Description of the task: Only the lines from the one containing "pub use apart::parts_are_apart;" through the one containing "in rising order." should be printed, exactly as they appear below, with both ends included.

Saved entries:

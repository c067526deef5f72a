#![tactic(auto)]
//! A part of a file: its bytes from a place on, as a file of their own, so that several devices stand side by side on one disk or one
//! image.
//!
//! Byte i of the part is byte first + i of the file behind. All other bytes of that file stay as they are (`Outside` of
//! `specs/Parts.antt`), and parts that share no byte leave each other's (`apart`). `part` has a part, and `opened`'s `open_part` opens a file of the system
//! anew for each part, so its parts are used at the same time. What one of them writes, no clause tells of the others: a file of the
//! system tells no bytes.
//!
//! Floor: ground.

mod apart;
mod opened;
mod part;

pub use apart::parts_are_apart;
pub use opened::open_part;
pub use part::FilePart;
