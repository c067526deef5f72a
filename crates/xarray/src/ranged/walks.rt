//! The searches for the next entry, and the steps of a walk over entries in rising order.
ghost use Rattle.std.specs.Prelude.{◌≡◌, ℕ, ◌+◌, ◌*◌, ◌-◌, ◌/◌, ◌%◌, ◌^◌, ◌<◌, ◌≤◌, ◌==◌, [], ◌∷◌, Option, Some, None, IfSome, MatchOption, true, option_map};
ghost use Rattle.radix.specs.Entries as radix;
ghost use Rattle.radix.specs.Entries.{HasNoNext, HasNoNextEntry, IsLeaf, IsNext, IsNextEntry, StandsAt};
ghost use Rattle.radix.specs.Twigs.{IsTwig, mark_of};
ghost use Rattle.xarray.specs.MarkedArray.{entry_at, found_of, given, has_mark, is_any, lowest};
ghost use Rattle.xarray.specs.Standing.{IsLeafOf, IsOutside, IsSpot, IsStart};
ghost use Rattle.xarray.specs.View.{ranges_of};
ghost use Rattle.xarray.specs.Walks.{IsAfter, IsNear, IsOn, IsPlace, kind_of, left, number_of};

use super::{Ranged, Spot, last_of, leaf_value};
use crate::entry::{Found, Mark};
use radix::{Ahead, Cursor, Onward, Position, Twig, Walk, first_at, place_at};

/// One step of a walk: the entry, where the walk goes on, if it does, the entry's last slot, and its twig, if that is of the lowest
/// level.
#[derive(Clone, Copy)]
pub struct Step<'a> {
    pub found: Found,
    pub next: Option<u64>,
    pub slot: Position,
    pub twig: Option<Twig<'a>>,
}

Your response:
pub use apart::parts_are_apart;
pub use opened::open_part;
pub use part::FilePart;
repository c067526deef5f72a
filename crates/xarray/src/ranged/walks.rt
//! The searches for the next entry, and the steps of a walk over entries in rising order.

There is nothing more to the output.